# Clean bulk after cut



## Scottsbb (Sep 10, 2017)

Hi all,

im a 29 year old male, after spending 4 years being fairly lazy apart from a bit of cycling, I joined a 12 week challenge being ran by a local bodybuilder. Over the 12 weeks I lost 18.8lbs and learnt a lot about nutrition ect. Pic attached of progress made during challenge. I now am having a few days off the gym after the amount of cardio and training has worn me out. My starting weight for my clean bulk is 155lb and calories will be starting at around 2800/day to see how the scales go for a couple of weeks. I'll be training 3 times a week carrying on the progressive overload training I was doing during the challenge until my strength starts to stall, then will swap to a push, pull, legs split.
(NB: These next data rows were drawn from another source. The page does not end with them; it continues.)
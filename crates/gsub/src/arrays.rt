ghost use Rattle.std.specs.Prelude.{◌≡◌, ◌+◌, ◌*◌, ◌^◌, ◌<◌, ◌≤◌, length, IfOk};
ghost use Rattle.layout.specs.Bytes.{u16_at};
ghost use Rattle.layout.specs.Faults.{first_in};
ghost use Rattle.layout.specs.Told.{verdict};
ghost use Rattle.gsub.specs.Follow.{count_faults};
ghost use Rattle.gsub.specs.Rules.{listed, fields_for, past, array_at, counted_array};

use layout::bytes::Width;
use layout::fault::{Rule, StructureFault};
use layout::structure::Structure;

// What an array has by its count.
#[derive(Clone, Copy)]
pub enum Entries {
    // A field for each entry.
    All,
    // The same, but the first entry is not listed.
    ButFirst,
    // Records of two fields.
    Records,
}

// Where an array stands, and how many entries it lists: a place and not a slice, since faults are told by their bytes.
#[derive(Clone, Copy)]
pub struct Array {
    pub at: usize,
    pub count: usize,
}

impl Entries {
    pub fn listed(self, count: u16) -> usize
        ensures listed { result ≡ listed self count }
        ensures bound { result ≤ 65535 }
    {
        match self {
            Entries::All | Entries::Records => usize::from(count),
            Entries::ButFirst => usize::from(count).saturating_sub(1),
        }
    }

    pub(crate) fn fields(self, count: u16) -> u64
        ensures fields { result ≡ fields_for self count }
        ensures bound { result ≤ 131070 }
    {
        match self {
            Entries::All => u64::from(count),
            Entries::ButFirst => u64::from(count).saturating_sub(1),
            Entries::Records => 2 * u64::from(count),
        }
    }
}

// The count at a byte, from `low` to 64.
pub(crate) fn count_field(
    structure: Structure<'_>,
    at: usize,
    low: u16,
) -> Result<u16, StructureFault>
    ensures answer { verdict result ≡ first_in (count_faults structure.entry.table.now structure.entry.start at low) }
    ensures count { IfOk result (λ n. (n ≡ u16_at structure.entry.table.now at) × (at + 2 ≤ length structure.entry.table.now)) }
{
    let count = structure.field::<u16>(at)?;
    structure.require(low <= count && count <= 64, Rule::Bounds, at)?;
    Ok(count)
}

impl Array {
    // The array behind the count at a byte.
    #[tactic(auto, unfolding(crate::specs::Rules::array_at, crate::specs::Rules::counted_array))]
    pub(crate) fn counted(
        structure: Structure<'_>,
        at: usize,
        low: u16,
        entries: Entries,
    ) -> Result<Array, StructureFault>
        ensures answer { verdict result ≡ first_in (counted_array structure.entry.table.now structure.entry.start at low entries) }
        ensures array { IfOk result (λ a. (a ≡ array_at structure.entry.table.now at entries) × (at + 2 + 2 * fields_for entries (u16_at structure.entry.table.now at) ≤ length structure.entry.table.now) × (past a ≤ length structure.entry.table.now)) }
    {
        let count = count_field(structure, at, low)?;
        structure.check_fields(at + 2, Width::Two, entries.fields(count))?;
        Ok(Array {
            at: at + 2,
            count: entries.listed(count),
        })
    }

    // Just past it, if its entries have one field each.
    pub(crate) fn past(self) -> usize
        requires { past self < 2 ^ 64 }
        ensures { result ≡ past self }
    {
        self.at + 2 * self.count
    }
}
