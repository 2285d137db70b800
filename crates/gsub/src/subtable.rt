ghost use Rattle.std.specs.Prelude.{◌≡◌, ◌==◌, ◌&&◌, not, nat_le};
ghost use Rattle.gsub.specs.Forms.{HasPart, form_of, formed, moves};
ghost use Rattle.gsub.specs.Tables.{movable};

// A subtable by its type and format, with its own part of the table, from its first byte on. Each case has its part, for what reads candidates; the check needs no more than the form.
#[derive(Clone, Copy)]
pub enum Subtable<'a> {
    Delta { part: &'a [u8] },
    Single { part: &'a [u8] },
    Multiple { part: &'a [u8] },
    Alternate { part: &'a [u8] },
    Ligature { part: &'a [u8] },
    GlyphRules { chain: bool, part: &'a [u8] },
    ClassRules { chain: bool, part: &'a [u8] },
    CoverageRule { chain: bool, part: &'a [u8] },
    Reverse { part: &'a [u8] },
}

// What a type and a format say together.
#[derive(Clone, Copy)]
pub enum Decided<'a> {
    // A subtable of a form. That its part is one of a table without faults is no fact of the type:
    // the check asks for the form of what it has yet to check.
    Own(Subtable<'a>),
    // It only moves a subtable.
    Extension,
}

impl<'a> Decided<'a> {
    // The one decision over type and format, for the check and for shaping. None where a type has no
    // such format. What an extension moved is no extension.
    pub fn of(lookup_type: u16, format: u16, moved: bool, part: &'a [u8]) -> Option<Decided<'a>>
        ensures form { formed result ≡ form_of lookup_type format }
        ensures extension { moves result ≡ (lookup_type == 7 && (format == 1 && not moved)) }
        ensures part { HasPart part.now result }
    {
        let subtable = match (lookup_type, format) {
            (1, 1) => Subtable::Delta { part },
            (1, 2) => Subtable::Single { part },
            (2, 1) => Subtable::Multiple { part },
            (3, 1) => Subtable::Alternate { part },
            (4, 1) => Subtable::Ligature { part },
            (ty @ 5..=6, 1) => Subtable::GlyphRules {
                chain: ty == 6,
                part,
            },
            (ty @ 5..=6, 2) => Subtable::ClassRules {
                chain: ty == 6,
                part,
            },
            (ty @ 5..=6, 3) => Subtable::CoverageRule {
                chain: ty == 6,
                part,
            },
            (7, 1) if !moved => return Some(Decided::Extension),
            (8, 1) => Subtable::Reverse { part },
            _ => return None,
        };
        Some(Decided::Own(subtable))
    }
}

// What is asked of a type alone is asked of its format 1, which each type has.
pub fn is_extension(lookup_type: u16) -> bool
    ensures { result ≡ (lookup_type == 7) }
{
    matches!(
        Decided::of(lookup_type, 1, false, &[]),
        Some(Decided::Extension)
    )
}

// Whether lookups of a type go from the last glyph to the first.
pub fn is_backward(lookup_type: u16) -> bool
    ensures { result ≡ (lookup_type == 8) }
{
    matches!(
        Decided::of(lookup_type, 1, true, &[]),
        Some(Decided::Own(Subtable::Reverse { part: _ }))
    )
}

// The types that there are.
pub(crate) fn is_known(lookup_type: u16) -> bool
    ensures { result ≡ (nat_le 1 lookup_type && nat_le lookup_type 8) }
{
    Decided::of(lookup_type, 1, false, &[]).is_some()
}

// The types that an extension can move.
pub(crate) fn is_movable(lookup_type: u16) -> bool
    ensures { result ≡ movable lookup_type }
{
    Decided::of(lookup_type, 1, true, &[]).is_some()
}
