// GSUB: the check of a table, and what it means.
#![tactic(auto)]

pub mod arrays;
pub mod check;
mod follow;
mod forms;
mod lookups;
pub mod meaning;
pub mod rules;
mod seen;
mod structures;
pub mod subtable;
pub mod table;
mod walk;
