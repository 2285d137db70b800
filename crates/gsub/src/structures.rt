// The structures that subtables lead to.
ghost use Rattle.std.specs.Prelude.{refl};
ghost use Rattle.layout.specs.Classes.{class_faults};
ghost use Rattle.layout.specs.Coverages.{coverage_faults};
ghost use Rattle.gsub.specs.declared.seen.Kind.TheVariants.{Coverage as CoverageKind, Classes as ClassesKind, LigatureSet as LigatureSetKind};
ghost use Rattle.gsub.specs.Seen.{rule_set_kind, rule-set-faults};
ghost use Rattle.gsub.specs.Subtables.{sequence_faults, alternates_faults, ligature_faults};

use crate::arrays::{Array, Entries};
use crate::follow::{ListOf, Remembered, Target};
use crate::rules::Rules;
use crate::seen::Kind;
use crate::walk::{Start, Walk};
use layout::bytes::Width;
use layout::class::ClassDefinition;
use layout::coverage::Coverage;
use layout::fault::StructureFault;

#[derive(Clone, Copy, Drop)]
pub(crate) struct Coverages;

impl Target for Coverages {
    ghost faults = { λ _ walked. coverage_faults walked.table };

    fn check(&self, walk: &mut Walk<'_>, start: Start) -> Result<(), StructureFault> {
        let structure = walk.structure(start);
        Coverage::checked(structure)?;
        Ok(())
    }
}

impl Remembered for Coverages {
    ghost kind = { λ _. CoverageKind };

    ghost faults_of_kind = { λ _ _ _. refl };

    fn kind(&self) -> Kind {
        Kind::Coverage
    }
}

#[derive(Clone, Copy, Drop)]
pub(crate) struct Classes;

impl Target for Classes {
    ghost faults = { λ _ walked. class_faults walked.table };

    fn check(&self, walk: &mut Walk<'_>, start: Start) -> Result<(), StructureFault> {
        let structure = walk.structure(start);
        ClassDefinition::checked(structure)?;
        Ok(())
    }
}

impl Remembered for Classes {
    ghost kind = { λ _. ClassesKind };

    ghost faults_of_kind = { λ _ _ _. refl };

    fn kind(&self) -> Kind {
        Kind::Classes
    }
}

// Sets of type 2, and of type 3.
#[derive(Clone, Copy, Drop)]
pub(crate) struct Sequences;

impl Target for Sequences {
    ghost faults = { λ _ walked. sequence_faults walked.table };

    fn check(&self, walk: &mut Walk<'_>, start: Start) -> Result<(), StructureFault> {
        Array::counted(walk.structure(start), start.byte, 1, Entries::All)?;
        Ok(())
    }
}

#[derive(Clone, Copy, Drop)]
pub(crate) struct Alternates;

impl Target for Alternates {
    ghost faults = { λ _ walked. alternates_faults walked.table };

    fn check(&self, walk: &mut Walk<'_>, start: Start) -> Result<(), StructureFault> {
        walk.structure(start).counted(start.byte, Width::Two)?;
        Ok(())
    }
}

#[derive(Clone, Copy, Drop)]
pub(crate) struct Ligatures;

impl Target for Ligatures {
    ghost faults = { λ _ walked. ligature_faults walked.table };

    fn check(&self, walk: &mut Walk<'_>, start: Start) -> Result<(), StructureFault> {
        let structure = walk.structure(start);
        structure.field::<u16>(start.byte)?;
        Array::counted(structure, start.byte + 2, 1, Entries::ButFirst)?;
        Ok(())
    }
}

impl Remembered for ListOf<Ligatures> {
    ghost kind = { λ _. LigatureSetKind };

    ghost faults_of_kind = { λ _ _ _. refl };

    fn kind(&self) -> Kind {
        Kind::LigatureSet
    }
}

impl Remembered for ListOf<Rules> {
    ghost kind = { λ list. rule_set_kind list.0.chain };

    ghost faults_of_kind = { λ list walked s. rule-set-faults list.0.chain walked.table walked.lookups s };

    fn kind(&self) -> Kind {
        if self.0.chain {
            Kind::ChainRuleSet
        } else {
            Kind::RuleSet
        }
    }
}
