ghost use Rattle.std.specs.Prelude.{◌≡◌, None};
ghost use Rattle.layout.specs.Faults.{first_in};
ghost use Rattle.gsub.specs.Tables.{gsub_faults};

// A GSUB table that was checked: it has no fault.
#[derive(Clone, Copy)]
pub struct Gsub<'a> {
    pub table: &'a [u8],
    ghost accepted: { first_in (gsub_faults table.now) ≡ None },
}
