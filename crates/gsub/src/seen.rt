ghost use Rattle.std.specs.Prelude.{◌≡◌, ℕ, ◌^◌, List, IfSome, is_some};
ghost use Rattle.gsub.specs.Forms.{form_is, type_of};
ghost use Rattle.gsub.specs.Seen.{faults_of, index};
ghost use Rattle.gsub.specs.Subtables.{subtable_faults};
ghost use Rattle.gsub.specs.Tables.{movable};

use crate::subtable::{Decided, Subtable};

// The kinds of structures that the walk remembers: those that cost more to walk than to look up.
#[derive(Clone, Copy)]
pub(crate) enum Kind {
    Coverage,
    Classes,
    LigatureSet,
    RuleSet,
    ChainRuleSet,
    Single,
    Multiple,
    Alternate,
    Ligature,
    Context,
    Chain,
    Reverse,
    Lookup,
}

impl Kind {
    // The kind of a type's own subtables; none of a type that only moves, or that there is not.
    // A subtable begins with its format, so that kinds go by the type alone.
    pub(crate) fn of_type(lookup_type: u16) -> Option<Kind>
        ensures movable { is_some result ≡ movable lookup_type }
        ensures faults { (t : List ℕ) (n s : ℕ) → IfSome result
            (λ kind. faults_of kind t n s ≡ subtable_faults t n s lookup_type) }
    {
        match Decided::of(lookup_type, 1, true, &[]) {
            Some(Decided::Own(subtable)) => Some(subtable.kind()),
            _ => None,
        }
    }

    // A bit of its own.
    pub(crate) fn bit(self) -> u16
        ensures { result ≡ 2 ^ index self }
    {
        1 << (self as u16)
    }
}

impl Subtable<'_> {
    // Its kind, by its form's type.
    fn kind(self) -> Kind
        ensures { (t : List ℕ) (n s : ℕ)
            → faults_of result t n s ≡ subtable_faults t n s (type_of (form_is self.entry)) }
    {
        match self {
            Subtable::Delta { part: _ } | Subtable::Single { part: _ } => Kind::Single,
            Subtable::Multiple { part: _ } => Kind::Multiple,
            Subtable::Alternate { part: _ } => Kind::Alternate,
            Subtable::Ligature { part: _ } => Kind::Ligature,
            Subtable::GlyphRules { chain, part: _ }
            | Subtable::ClassRules { chain, part: _ }
            | Subtable::CoverageRule { chain, part: _ } => {
                if chain { Kind::Chain } else { Kind::Context }
            }
            Subtable::Reverse { part: _ } => Kind::Reverse,
        }
    }
}
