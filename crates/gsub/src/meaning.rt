ghost use Rattle.gsub.specs.Examples.{Examples, FurtherExamples};

// What the definitions make of a small table: no fault, and these candidates.
pub fn meaning_examples()
    ensures { Examples }
{}

// The same of another table, for the forms and clauses that the first one leaves open.
pub fn further_meaning_examples()
    ensures { FurtherExamples }
{}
any comments/advice welcome.

View attachment IMG_5270.JPG


View attachment IMG_5271.JPG


----------



## AestheticManlet (Jun 12, 2012)

Goodluck mate. Lean bulking is the way to go I'm finding it's going well so far in my log with steady gains.

Only you can know your rough calories so if you're starting at around 2800 I'd get weighed once weekly first thing on a morning (I tend to do fridays as the weekend I binge a bit) and also take a picture once a week (preferably in same place/lighting) for comparison over the weeks.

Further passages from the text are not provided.